On topic: Daylight savings time worked like a charm on my 40S
running V3R7 - it is set to the proper time without ANY intervention
on my part.
-Bob-
---
A first grade teacher collected old, well-known proverbs. She gave each
child in her class the first half of a proverb, and had them come up
with
the rest.
- As you shall make your bed, so shall you. . .mess it up.
- Better be safe than. . .punch a 5th grader.
- A miss is as good as. . .a Mr.
- Strike while the. . .bug is close.
- It's always darkest before. . .daylight savings time.

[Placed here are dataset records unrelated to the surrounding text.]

// Entries at 0 taken out of the ledger's columns: what stands between two of them moves up as a whole.
#![tactic(auto)]

ghost use Rattle.std.specs.Prelude.{◌≡◌, true};
ghost use Rattle.ledger.specs.Columns.{Same, without_zeros, entries_in, kept, changed};
ghost use Rattle.seeking.specs.Places.{Sought};
ghost use Rattle.removing.specs.Moves.{zero_at, can_look_for, none_at_zero, passed_zeros, CanMove, Moved, can_move_all, MovedAll, removable};

use ledger::Ledger;

// Places that are looked at together.
const MANY: usize = 64;

// Whether none of the entries at places s to before e is at 0. Every place is looked at: so the compiler
// compares many at once. `seeking` looks by blocks too: one function of both would take the comparison as a closure with
// a contract of its own, which is no plainer.
fn none_zero(s: usize, e: usize, lots: &[u32]) -> bool
    requires { can_look_for e s lots }
    ensures { result ≡ true → none_at_zero s e lots }
{
    let mut none = true;
    for k in s..e {
        none = none & (lots[k] != 0);
    }
    none
}

// A place up to which, from place `at` on, there is no entry at 0: behind whole blocks without one. It goes
// on as far as blocks have none: no range ends there.
fn pass_zeros(end: usize, at: usize, lots: &[u32]) -> usize
    requires { can_look_for end at lots }
    ensures { passed_zeros end at result lots }
{
    let mut k = at;
    while MANY <= end - k {
        if !none_zero(k, k + MANY, lots) {
            return k;
        }
        k += MANY;
    }
    k
}

// The first place from `at` on with an entry at 0, where there is one before `end`.
fn first_zero(end: usize, at: usize, lots: &[u32]) -> Option<usize>
    requires { can_look_for end at lots }
    ensures { Sought (zero_at lots.now) end at result }
{
    let k = pass_zeros(end, at, lots);
    for j in k..end {
        if lots[j] == 0 {
            return Some(j);
        }
    }
    None
}

// Places s to before e of a column again from place w on.
fn move_up<T: Copy>(w: usize, s: usize, e: usize, c: &mut [T])
    requires { CanMove w s e c.old }
    ensures { Moved w s e c.old c.new }
{
    for k in 0..e - s {
        c[w + k] = c[s + k];
    }
}

// The same in all five columns.
fn move_all(ledger: &mut Ledger, w: usize, s: usize, e: usize)
    requires { can_move_all w s e ledger.old }
    ensures done { changed (MovedAll w s e) ledger.old ledger.new }
    ensures same { Same ledger.old ledger.new }
{
    move_up(w, s, e, ledger.issues);
    move_up(w, s, e, ledger.froms);
    move_up(w, s, e, ledger.tos);
    move_up(w, s, e, ledger.lots);
    move_up(w, s, e, ledger.days);
}

// Entries at 0, which stand from place `at` to before place `end`, go and later ones move up; answers the
// number of those that stay. What stands before an entry at 0 ends there, and at the last entry where no more
// is at 0. It jumps from one entry at 0 to the next: no range says that. The number of entries stands beside the ledger:
// it changes between calls, and the state has it.
pub fn remove_zeros(ledger: &mut Ledger, entries: usize, at: usize, end: usize) -> usize
    requires { removable entries at end ledger.old }
    ensures done { kept (without_zeros (entries_in entries ledger.old)) result ledger.new }
    ensures same { Same ledger.old ledger.new }
{
    let Some(first) = first_zero(end, at, ledger::shared(ledger).lots) else {
        return entries;
    };
    let mut w = first;
    let mut k = first;
    while k < entries {
        let s = k + 1;
        let e = first_zero(end, s, ledger::shared(ledger).lots).unwrap_or(entries);
        move_all(ledger, w, s, e);
        w += e - s;
        k = e;
    }
    ledger::clear(ledger, w, entries);
    w
}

- Never under estimate the power of. . .termites.
- You can't teach an old dog new. . .math.
- If you lie down with the dogs, you'll. . .stink in the morning.
- Love all, trust. . .me.
- The pen is mightier than the. . .pigs.
- An idle mind is. . .the best way to relax.
- Where there's smoke, there's. . .pollution.
- A penny saved is. . .not much.
- Two's company, three's. . .the Musketeers.
- Don't put off tomorrow what. . .you put on to go to bed.
- Laugh and the whole world laughs with you; cry and. . .you have to
blow
your nose.
- None are so blind as. . .Helen Keller.
- When the blind leadeth the blind. . .get out of the way.
- Don't bite the hand that. . .looks dirty.
- You can lead a horse to water but. . .How?
---
Things I've Learned from My Children (Honest and No Kidding)
* There is no such thing as child-proofing your house.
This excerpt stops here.